Sull’argomento, interviene anche la dott.ssa Samantha Vitali, psicologa, psicoterapeuta collaboratrice L.I.D.A.P. (Lega Italiana d’Attacchi di Panico) e docente al MAPS di Milano: “Da 2 anni la modalità lavorativa è cambiata e se all’inizio abbiamo faticato ad adattarci al mondo virtuale, ora che ci siamo abituati, la difficoltà sta nel tornare indietro. Abbiamo elaborato il lutto di un mondo apparentemente perduto e oggi che ne siamo fuori, non abbiamo più voglia di mettere nuovamente in discussione il nostro modo di vivere. È stato riscoperto un tempo più conciliabile con altri aspetti importanti della vita. Qualcuno ha avuto modo di riflettere su quale fosse veramente la propria strada lavorativa, altri hanno ottimizzato le risorse limitando gli spostamenti e virando tutto sull’online. Oggi, con meno allerta, le aziende cercano d’invertire la rotta e far tornare i propri dipendenti e collaboratori in presenza, con la consapevolezza, che sarà una sfida tutt’altro che facile!”. La dott.ssa Vitali ha elaborato 8 regole per come affrontare al meglio questo momento di ex-nova ripartenza:
- Programmare una nuova mappa mentale del quotidiano che comprenda una routine aggiornata rispetto agli orari d’ufficio unitamente agli spostamenti per raggiungere i luoghi di lavoro.
- Ricominciare gradualmente. L’adattamento ha bisogno di tempo.
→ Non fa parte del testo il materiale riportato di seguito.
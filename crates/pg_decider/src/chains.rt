//! Chains of slots, linked in two arrays. A slot stands in one chain at most.

ghost use Rattle.std.specs.Prelude.{◌≡◌, ℕ, ◌+◌, ◌-◌, ◌<◌, ◌≤◌, ◌^◌, List, [], ◌∷◌, length, replicate, slice_set, drop, map, MatchOption, IfOk};
ghost use Rattle.pg_decider.specs.Chains.{chain, with_chain, times, held, IsFree, AreChains};
ghost use Rattle.pg_decider.specs.Weigh.{weigh};

use std::alloc::{AllocError, Global};
use std::marker::Model;

/// The first slot of a chain, and how many slots it has.
#[derive(Clone, Copy, Drop)]
pub struct Start {
    head: u32,
    size: u32,
}

/// Where each chain begins, and for each slot the next one of its chain. Chains are numbered from 0, and slots too.
#[derive(Drop)]
pub struct Chains {
    starts: Vec<Start>,
    next: Vec<u32>,
}

impl Model for Chains {
    ghost use Rattle.std.specs.Prelude.{◌<◌, ◌^◌, map, length};
    ghost use Rattle.pg_decider.specs.Chains.{ChainTable, AreChains};
    ghost use Rattle.pg_decider.specs.Starts.{lists_of};

    ghost Value = { ChainTable };

    ghost view = { λ c. record { lists = lists_of c.next.items c.starts.items; slots = length c.next.items } };

    ghost invariant = { λ c. (AreChains (lists_of c.next.items c.starts.items) (length c.next.items)) × (length c.next.items < 2 ^ 32) };
}

impl Chains {
    /// So many empty chains, for so many slots.
    pub fn make(alloc: Global, lists: usize, slots: u32) -> Result<Chains, AllocError>
        ensures { IfOk result (λ c. c ≡ record { lists = replicate lists []; slots = slots }) }
    {
        let starts = no_starts(alloc, lists)?;
        let next = vec![in alloc; 0; slots as usize]?;
        Ok(Chains { starts, next })
    }

    /// Empties each chain.
    pub fn clear(&mut self)
        ensures { self.new ≡ record { lists = replicate (length self.old.lists) []; slots = self.old.slots } }
    {
        empty_all(self.starts.as_mut_slice());
    }

    /// Moves what stands in a chain to chain 0, which is empty.
    pub fn detach(&mut self, list: usize)
        requires list { (0 < list) × (list < length self.old.lists) }
        requires empty { chain self.old.lists 0 ≡ [] }
        ensures moved { self.new ≡ with_chain (with_chain self.old 0 (chain self.old.lists list)) list [] }
        ensures chains { AreChains self.old.lists self.old.slots }
    {
        let start = self.starts[list];
        self.starts[0] = start;
        self.starts[list] = Start { head: 0, size: 0 };
    }

    /// Takes the first slot of a chain.
    pub fn pop(&mut self, list: usize) -> Option<u32>
        requires { list < length self.old.lists }
        ensures { MatchOption result ((chain self.old.lists list ≡ []) × (self.new ≡ self.old)) (λ x. (chain self.old.lists list ≡ x ∷ drop 1 (chain self.old.lists list)) × (self.new ≡ with_chain self.old list (drop 1 (chain self.old.lists list))) × IsFree self.new x) }
    {
        let start = self.starts[list];
        if start.size == 0 {
            return None;
        }
        self.starts[list] = Start {
            head: self.next[start.head as usize],
            size: start.size - 1,
        };
        Some(start.head)
    }

    /// Puts a slot that stands in no chain at the head of a chain.
    pub fn push(&mut self, list: usize, slot: u32)
        requires list { list < length self.old.lists }
        requires free { IsFree self.old slot }
        ensures { self.new ≡ with_chain self.old list (slot ∷ chain self.old.lists list) }
    {
        let start = self.starts[list];
        self.next[slot as usize] = start.head;
        self.starts[list] = Start {
            head: slot,
            size: start.size + 1,
        };
    }
}

/// Makes each chain an empty one.
fn empty_all(starts: &mut [Start])
    ensures { weigh (λ s. s.size) starts.new ≡ 0 }
{
    for i in 0..starts.len() {
        starts[i] = Start { head: 0, size: 0 };
    }
}

/// The starts of so many empty chains.
fn no_starts(alloc: Global, lists: usize) -> Result<Vec<Start>, AllocError>
    ensures empty { IfOk result (λ v. weigh (λ s. s.size) v.items ≡ 0) }
    ensures length { IfOk result (λ v. length v.items ≡ lists) }
{
    let mut starts = Vec::with_capacity(alloc, lists)?;
    'lists: for _ in 0..lists {
        starts.push(Start { head: 0, size: 0 })?;
    }
    Ok(starts)
}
All’inizio integrare lo smart working insieme a giornate in presenza.
- Accogliere le sensazioni di fatica e disagio, in quanto fenomeno transitorio, tipico dei processi di cambiamento.
- Prevedere esercizi di respirazione diaframmatica (come mindfulness e yoga), in caso di nervosismo o agitazione, per favorire il rilassamento e stimolare la concentrazione.
- Restare nel “qui ed ora”. Per contrastare le sensazioni legate all’ansia, immaginare di affrontare le cose un giorno alla volta, rimanendo nel presente.
- Riscoprire gli aspetti positivi, dell’interazione in presenza con i colleghi, piuttosto che focalizzarsi su quelli negativi. Siamo animali sociali non dimentichiamolo, dal rispecchiamento con gli altri traiamo la nostra forza.
- Tornare a fare squadra. Benché stare con sé stessi a volte abbia i suoi vantaggi, il “sentirsi parte di qualcosa di più grande” aumenta le sensazioni di autoefficacia contribuendo al raggiungimento degli obiettivi, ma può aver luogo solo da una partecipazione attiva alla vita di gruppo.
- Se il disagio dovesse continuare, vi è sempre la possibilità di iniziare una terapia di supporto e assistenza psicologica. Molte aziende stanno introducendo lo psicologo aziendale per affiancare i propri dipendenti.